Markov chains and reversibility

You will get more from the exercises by trying them before looking at the solutions!

  1. Show that a discrete-time Markov chain run backwards in time (from some time \(n\) and state \(i\)) is again a Markov chain (until time \(n\)).

Hint: Given a Markov chain \((X_j)_{j\ge 0}\), fix \(n\) and let \(Y_j = X_{n-j}\) for \(j=0,\ldots,n\). We want to show that \(Y\) is a Markov chain up to time \(n\), i.e. that for any \(j<n\) and \(y_0,y_1,\ldots,y_j,y_{j+1}\), \[\operatorname{\mathbb{P}}\left(Y_{j+1}=y_{j+1}|Y_0=y_0,Y_1=y_1,\ldots,Y_j=y_j\right) = \operatorname{\mathbb{P}}\left(Y_{j+1}=y_{j+1}|Y_j=y_j\right).\]

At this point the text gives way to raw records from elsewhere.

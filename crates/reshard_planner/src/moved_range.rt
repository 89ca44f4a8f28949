ghost use Rattle.std.specs.Prelude.{◌≡◌, Some, None, if◌then◌else◌};
ghost use Rattle.reshard_planner.specs.Grouping.{goes_on, line_of, range_of};

use crate::transfer::Transfer;
use key_slots::{NodeId, Slot};
use plan_language::Line;

/// The slots from `first` to `last`, both included, which go from one node to another.
#[derive(Clone, Copy)]
pub(crate) struct MovedRange {
    pub(crate) first: Slot,
    pub(crate) last: Slot,
    pub(crate) source: NodeId,
    pub(crate) target: NodeId,
}

impl MovedRange {
    /// The range of one slot.
    pub(crate) fn of(transfer: &Transfer) -> Self
        ensures { result ≡ range_of transfer.now }
    {
        let Transfer {
            slot,
            source,
            target,
        } = *transfer;
        Self {
            first: slot,
            last: slot,
            source,
            target,
        }
    }

    /// The range with one slot more, if that is the next one and goes the same way.
    pub(crate) fn with(&self, next: &Transfer) -> Option<Self>
        ensures { result ≡ (if goes_on self.now next.now.slot next.now.source next.now.target
            then Some (record self.now { last = next.now.slot }) else None) }
    {
        if self.last.get() + 1 == next.slot.get()
            && self.source == next.source
            && self.target == next.target
        {
            Some(Self {
                last: next.slot,
                ..*self
            })
        } else {
            None
        }
    }

    /// The line that moves the range, at most so many keys at a time.
    pub(crate) fn line(&self, batch: u16) -> Line
        ensures { result ≡ line_of batch self.now }
    {
        Line::Move {
            first: self.first,
            last: self.last,
            source: self.source,
            target: self.target,
            batch,
        }
    }
}
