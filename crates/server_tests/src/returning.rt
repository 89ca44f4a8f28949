//! Failed masters that may take the slots of a plan's targets when they return.
use crate::script::Replies;
use crate::servers::{NONE, book, links, server};
use crate::versions::{REDIS, VALKEY};
use cluster_views::SurveyFault;
use key_slots::{NodeId, Slot};
use plan_language::Line;
use server_shards::returning_text;
use std::alloc::Global;
use std::test::Fail;

/// The failed master, which was n1.
const OLD: &[u8] = b"dddddddddddddddddddddddddddddddddddddddd";

/// Three shards: that of n0, that of n1 and the failed master, and that of n2.
const SHARDS: &[u8] = b"\
        *3\r\n*4\r\n$5\r\nslots\r\n*2\r\n:0\r\n:5460\r\n$5\r\nnodes\r\n*1\r\n*4\r\n$2\r\nid\r\n$40\r\n\
        aaaaaaaaaaaaaaaaaaaaaaaaaaaaaaaaaaaaaaaa\r\n$4\r\nport\r\n:7000\r\n*4\r\n$5\r\nslots\r\n*2\r\n:0\r\n:5460\r\n\
        $5\r\nnodes\r\n*2\r\n*4\r\n$2\r\nid\r\n$40\r\nbbbbbbbbbbbbbbbbbbbbbbbbbbbbbbbbbbbbbbbb\r\n$4\r\nport\r\n\
        :7001\r\n*4\r\n$2\r\nid\r\n$40\r\ndddddddddddddddddddddddddddddddddddddddd\r\n$4\r\nport\r\n:7003\r\n*4\r\n\
        $5\r\nslots\r\n*2\r\n:0\r\n:5460\r\n$5\r\nnodes\r\n*1\r\n*4\r\n$2\r\nid\r\n$40\r\n\
        cccccccccccccccccccccccccccccccccccccccc\r\n$4\r\nport\r\n:7002\r\n";

const AT_VALKEY: Replies = &[VALKEY, SHARDS];

const AT_REDIS: Replies = &[REDIS];

const TEXT: &[u8] = b"127.0.0.1:7003 failed, and takes the slots of n1 if it returns as it was: \
        start it first (it becomes a replica), or remove its nodes.conf, then continue, \
        with --dead-for-good dddddddddddddddddddddddddddddddddddddddd if it never returns";

/// What is said before slot 5 goes to the node, at servers that answer so.
fn said(
    alloc: Global,
    replies: Replies,
    target: NodeId,
    dead: &[u8],
) -> Result<Option<Vec<u8>>, SurveyFault> {
    let mut links = links(alloc, NONE, replies, replies)?;
    let book = book(alloc)?;
    let old = server(alloc, OLD, 7003)?;
    let line = Line::Move {
        first: Slot::of(5),
        last: Slot::of(5),
        source: NodeId::of(0),
        target,
        batch: 10,
    };
    returning_text(alloc, &mut links, &book, &[old], dead, &[line])
}

#[test]
fn a_failed_master_of_a_targets_shard_is_told(rt: HostRuntime) -> Result<(), Fail> {
    let alloc = rt.alloc();
    let text = said(alloc, AT_VALKEY, NodeId::of(1), b"")?;
    assert!(rt; text.is_some());
    if let Some(text) = text {
        assert!(rt; text.as_slice() == TEXT);
    }
    assert!(rt; said(alloc, AT_VALKEY, NodeId::of(2), b"")?.is_none());
    assert!(rt; said(alloc, AT_REDIS, NodeId::of(1), b"")?.is_none());
    assert!(rt; said(alloc, NONE, NodeId::of(1), OLD)?.is_none());
    assert!(rt; said(alloc, NONE, NodeId::of(1), b"").is_err());
    Ok(())
}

Solution: We start with the left-hand side. We have \[\begin{align*} &\operatorname{\mathbb{P}}\left(Y_{j+1}=y_{j+1}|Y_0=y_0,Y_1=y_1,\ldots,Y_j=y_j\right)\\ &= \operatorname{\mathbb{P}}\left(X_{n-(j+1)}=y_{j+1} | X_n = y_0, X_{n-1}=y_1,\ldots,X_{n-j}=y_j\right)\\ &= \frac{\operatorname{\mathbb{P}}\left(X_{n-(j+1)}=y_{j+1}, X_n = y_0, X_{n-1}=y_1,\ldots,X_{n-j}=y_j\right)}{\operatorname{\mathbb{P}}\left( X_n = y_0, X_{n-1}=y_1,\ldots,X_{n-j}=y_j\right)}\\ &= \frac{\operatorname{\mathbb{P}}\left(X_{n-(j+1)}=y_{j+1}\right)p_{y_{j+1},y_j}p_{y_{j},y_{j-1}}\ldots p_{y_1,y_0}}{\operatorname{\mathbb{P}}\left(X_{n-j}=y_j\right)p_{y_j,y_{j-1}}p_{y_{j-1},y_{j-2}}\ldots p_{y_1,y_0}}\\ &= \frac{\operatorname{\mathbb{P}}\left(X_{n-(j+1)}=y_{j+1}\right)p_{y,y_j}}{\operatorname{\mathbb{P}}\left(X_{n-j}=y_j\right)}\\ &= \frac{\operatorname{\mathbb{P}}\left(X_{n-(j+1)}=y_{j+1}, X_{n-j}=y_j\right)}{\operatorname{\mathbb{P}}\left(X_{n-j}=y_j\right)}\\ &= \operatorname{\mathbb{P}}\left(Y_{j+1}=y_{j+1}|Y_j=y_j\right). \end{align*}\]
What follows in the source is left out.